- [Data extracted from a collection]
_ _ _

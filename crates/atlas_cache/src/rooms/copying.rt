//! Copies of the pages.
ghost use Rattle.std.specs.Prelude.{◌≡◌, IfOk};
ghost use Rattle.atlas_cache.specs.Rooms.{stored_on};

use crate::rooms::Rooms;
use guillotiere::AtlasAllocator;
use std::alloc::{AllocError, Allocator};

// A copy of each atlas.
fn copied_pages<A: Allocator + Copy>(
    pages: &[AtlasAllocator<A>],
    alloc: A,
) -> Result<Vec<AtlasAllocator<A>, A>, AllocError>
    ensures { IfOk result (λ copies. stored_on copies.items ≡ stored_on pages.now) }
{
    let mut copies = Vec::with_capacity(alloc, pages.len())?;
    for page in pages {
        let Ok(copy) = page.clone() else {
            return Err(AllocError);
        };
        copies.push(copy)?;
    }
    Ok(copies)
}

impl<A: Allocator + Copy> Rooms<A> {
    /// A copy, in new memory of the same allocator: each atlas stores the same. What pages have in reserve isn't copied.
    pub fn copy(&self) -> Result<Self, AllocError>
        ensures options { IfOk result (λ copy. copy.options ≡ self.now.options) }
        ensures stored { IfOk result (λ copy. stored_on copy.pages ≡ stored_on self.now.pages) }
    {
        let alloc = *self.pages.allocator();
        let pages = copied_pages(&self.pages, alloc)?;
        let known = Vec::from_slice(alloc, &self.known)?;
        Ok(Rooms {
            pages,
            known,
            options: self.options,
        })
    }
}
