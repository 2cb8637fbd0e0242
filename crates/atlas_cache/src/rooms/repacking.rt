//! A page's rectangles placed anew, and the areas of a page.
ghost use Rattle.std.specs.Prelude.{◌≡◌, ◌+◌, ◌-◌, ◌*◌, ◌<◌, All, Err, IsPermutation, length, map, slice_get, IfErr, IfOk, IfSome};
ghost use Rattle.std.specs.Prelude.{IsOkUnless, IsTrue, Ok, OnErr, OnOk, None, Some, []};
ghost use Rattle.std.specs.List.{list_any};
ghost use Rattle.guillotiere.specs.Boxes.{area, box_sides, Box};
ghost use Rattle.guillotiere.specs.Pages.{page_sizes};
ghost use Rattle.guillotiere.specs.Pixels.{box_of, sides_of};
ghost use Rattle.guillotiere.specs.Rearranging.{rearrangement_of, AreExactChanges};
ghost use Rattle.guillotiere.specs.Refits.Refitted.{HasExactRectangle, IsRefitOf};
ghost use Rattle.guillotiere.specs.Replies.{allocate_reply, grant_of, live_box, IsExact};
ghost use Rattle.guillotiere.specs.Reserves.{UsesAtMost};
ghost use Rattle.guillotiere.specs.States.{used_in};
ghost use Rattle.guillotiere.specs.Steps.{Step};
ghost use Rattle.guillotiere.specs.Steps.AtlasCall.{Allocate};
ghost use Rattle.guillotiere.specs.Stored.{state_of};
ghost use Rattle.atlas_cache.specs.Repacking.{free_by_page, live_by_page, IsLargestFirst, LosesSome, NamesPage, PlacesAnew};
ghost use Rattle.atlas_cache.specs.Repacking.{RepacksPage};
ghost use Rattle.atlas_cache.specs.Rooms.{has_area, IsRefusal};
ghost use Rattle.atlas_entries.specs.declared.error.CacheError.TheVariants.{Slots};

use crate::rooms::asking::changed;
use crate::rooms::usable::{extent, pixels_of};
use crate::rooms::{Rooms, refusal};
use atlas_entries::error::CacheError;
use guillotiere::{AllocId, Allocation, AtlasAllocator, Change, ChangeList, Rectangle, Size};
use std::alloc::Allocator;
use std::cmp::Reverse;

// How many pixels a rectangle has. A coordinate below 0 counts as 0.
pub(crate) fn area_of(rectangle: Rectangle) -> u64
    ensures { result ≡ area (box_of rectangle) }
{
    extent(rectangle.min.x, rectangle.max.x) * extent(rectangle.min.y, rectangle.max.y)
}

// How many pixels the rectangle of a live id has.
pub(crate) fn area_on<A: Allocator + Copy>(page: &AtlasAllocator<A>, id: AllocId) -> u64
    ensures { (box : Box) → live_box (state_of page.now) id ≡ Some box → result ≡ area box }
{
    match page.get(id) {
        Some(rectangle) => area_of(rectangle),
        None => 0,
    }
}

// Puts rectangles into the order in which they are placed: the largest first. Those of one area keep their order.
fn sort_by_area<A: Allocator>(held: &mut Vec<Allocation, A>) -> Result<(), CacheError>
    ensures permuted { IsPermutation held.old.items held.new.items }
    ensures ordered { OnOk result (IsLargestFirst held.old.items held.new.items) }
    ensures unless { IsOkUnless result CacheError.Memory }
{
    held.sort_by_key(|held| Reverse(area_of(held.rectangle)))?;
    Ok(())
}

// The size of a rectangle.
pub(crate) fn size_of_box(rectangle: Rectangle) -> Size
    requires { IsExact rectangle }
    ensures { sides_of result ≡ box_sides (box_of rectangle) }
{
    rectangle.size()
}

// Asks an atlas for a rectangle of the same sides.
fn request<A: Allocator + Copy>(
    atlas: &mut AtlasAllocator<A>,
    rectangle: Rectangle,
) -> Result<Option<Allocation>, CacheError>
    requires { IsExact rectangle }
    ensures step { IfOk result (λ granted. Step (state_of atlas.old) (Allocate (box_sides (box_of rectangle)))
        (allocate_reply (Ok granted)) (state_of atlas.new)) }
    ensures exact { IfOk result (λ granted. IfSome granted HasExactRectangle) }
    ensures errors { IfErr result IsRefusal }
    ensures slots { UsesAtMost 4 atlas.old atlas.new }
    ensures limit { (state_of atlas.new).limit ≡ (state_of atlas.old).limit }
    ensures short { result ≡ Err Slots → (state_of atlas.old).limit < used_in (state_of atlas.old) + 4 }
{
    match atlas.allocate(size_of_box(rectangle)) {
        Ok(granted) => Ok(granted),
        Err(error) => Err(refusal(error)),
    }
}

// Places rectangles in an atlas, in this order: what was granted, and what found no room, in the room of the order.
fn place_all<A: Allocator + Copy>(
    atlas: &mut AtlasAllocator<A>,
    order: Vec<Allocation, A>,
) -> Result<ChangeList<A>, CacheError>
    requires exact { All HasExactRectangle order.items }
    ensures refits { IfOk result (λ list. IsRefitOf (state_of atlas.old) (map grant_of order.items)
        (rearrangement_of list) (state_of atlas.new)) }
    ensures exact { IfOk result AreExactChanges }
    ensures errors { IfErr result IsRefusal }
    ensures short { result ≡ Err Slots
        → (state_of atlas.old).limit < used_in (state_of atlas.old) + 4 * length order.items }
{
    let mut failures = order;
    let mut changes = Vec::new(*failures.allocator());
    let mut failed = 0;
    for at in 0..failures.len() {
        let old = failures[at];
        match request(atlas, old.rectangle)? {
            Some(new) => changes.push(Change { old, new })?,
            None => {
                failures[failed] = old;
                failed += 1;
            }
        }
    }
    failures.truncate(failed);
    Ok(ChangeList { changes, failures })
}

impl<A: Allocator + Copy> Rooms<A> {
    /// Places rectangles in an empty page of the size of this one, which becomes this page: the largest first, and
    /// those of one area in the order of the list. Requires that there is such a page, and rectangles with the coordinates
    /// of boxes. If the list names what is live on the page, each once, then the answer lists each rectangle of the
    /// page once: those that were placed anew, with their former and their new ids, and those that found no room when
    /// their turn came, whose ids are no longer live. All former ids of the page are void. Other pages stay as they
    /// are. None, and then nothing changes, exactly if `whole` is asked for and one would find no room. `Slots` if the page has too few
    /// of them, which takes more than 4,194,303 rectangles, `Memory` if memory is refused; then nothing changes.
    pub fn repack(
        &mut self,
        page: u32,
        held: Vec<Allocation, A>,
        whole: bool,
    ) -> Result<Option<ChangeList<A>>, CacheError>
        requires page { page < length self.old.pages }
        requires exact { All HasExactRectangle held.items }
        ensures repacks { NamesPage self.old.pages page held.items
            → IfOk result (λ made. IfSome made (RepacksPage self.old.pages self.new.pages page)) }
        ensures placed { IfOk result (λ made. IfSome made (λ list. PlacesAnew self.old.pages self.new.pages page held.items
            list.changes.items list.failures.items)) }
        ensures all { IsTrue whole → IfOk result (λ made. IfSome made (λ list. list.failures.items ≡ [])) }
        ensures loses { result ≡ Ok None → IsTrue whole × LosesSome self.old.pages page held.items }
        ensures stays { result ≡ Ok None → self.new ≡ self.old }
        ensures sizes { page_sizes self.new.pages ≡ page_sizes self.old.pages }
        ensures options { self.new.options ≡ self.old.options }
        ensures refused { OnErr result (self.new ≡ self.old) }
        ensures errors { IfErr result IsRefusal }
        ensures short { result ≡ Err Slots → 16777216 < 1 + 4 * length held.items }
    {
        let mut order = held;
        sort_by_area(&mut order)?;
        let page = page as usize;
        let alloc = *self.pages.allocator();
        let size = self.pages[page].size();
        let Ok(mut placed) = AtlasAllocator::with_options(alloc, size, &self.options.atlas) else {
            return Err(CacheError::Memory);
        };
        let list = place_all(&mut placed, order)?;
        placed.prove_sound();
        if whole && !list.failures.is_empty() {
            return Ok(None);
        }
        self.known[page] = changed(placed.allocated_area());
        self.pages[page] = placed;
        Ok(Some(list))
    }

    /// The area of all live rectangles of a page together, in unit squares. Requires that there is such a page. Takes no
    /// memory, and no walk.
    pub fn live_area(&self, page: u32) -> u64
        requires { page < length self.now.pages }
        ensures { slice_get (live_by_page self.now.pages) page ≡ Some result }
    {
        self.known[page as usize].live
    }

    /// The area of all free rectangles of a page together, in unit squares. Requires that there is such a page. Takes no
    /// memory, and no walk.
    pub fn free_area(&self, page: u32) -> u64
        requires { page < length self.now.pages }
        ensures { slice_get (free_by_page self.now.pages) page ≡ Some result }
    {
        let atlas = &self.pages[page as usize];
        atlas.prove_sound();
        pixels_of(atlas.size()) - self.known[page as usize].live
    }

    /// Whether some page has as much free area as a request of this size has, in however many parts. A step for each page until then.
    pub(crate) fn have_area(&self, asked: Size) -> bool
        ensures { result ≡ list_any (has_area asked) self.now.pages }
    {
        let pixels = pixels_of(asked);
        for page in 0..self.len() {
            if pixels <= self.free_area(page) {
                return true;
            }
        }
        false
    }
}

_ _ _

- [WORK REQUIRED]
Transcribe the records above from the line holding "live id has." down to the line holding "-> Result<Option<Allocation>, CacheError>", inclusive, without adding anything.

- [COMPLETED TASK]
// How many pixels the rectangle of a live id has.
pub(crate) fn area_on<A: Allocator + Copy>(page: &AtlasAllocator<A>, id: AllocId) -> u64
    ensures { (box : Box) → live_box (state_of page.now) id ≡ Some box → result ≡ area box }
{
    match page.get(id) {
        Some(rectangle) => area_of(rectangle),
        None => 0,
    }
}

// Puts rectangles into the order in which they are placed: the largest first. Those of one area keep their order.
fn sort_by_area<A: Allocator>(held: &mut Vec<Allocation, A>) -> Result<(), CacheError>
    ensures permuted { IsPermutation held.old.items held.new.items }
    ensures ordered { OnOk result (IsLargestFirst held.old.items held.new.items) }
    ensures unless { IsOkUnless result CacheError.Memory }
{
    held.sort_by_key(|held| Reverse(area_of(held.rectangle)))?;
    Ok(())
}

// The size of a rectangle.
pub(crate) fn size_of_box(rectangle: Rectangle) -> Size
    requires { IsExact rectangle }
    ensures { sides_of result ≡ box_sides (box_of rectangle) }
{
    rectangle.size()
}

// Asks an atlas for a rectangle of the same sides.
fn request<A: Allocator + Copy>(
    atlas: &mut AtlasAllocator<A>,
    rectangle: Rectangle,
) -> Result<Option<Allocation>, CacheError>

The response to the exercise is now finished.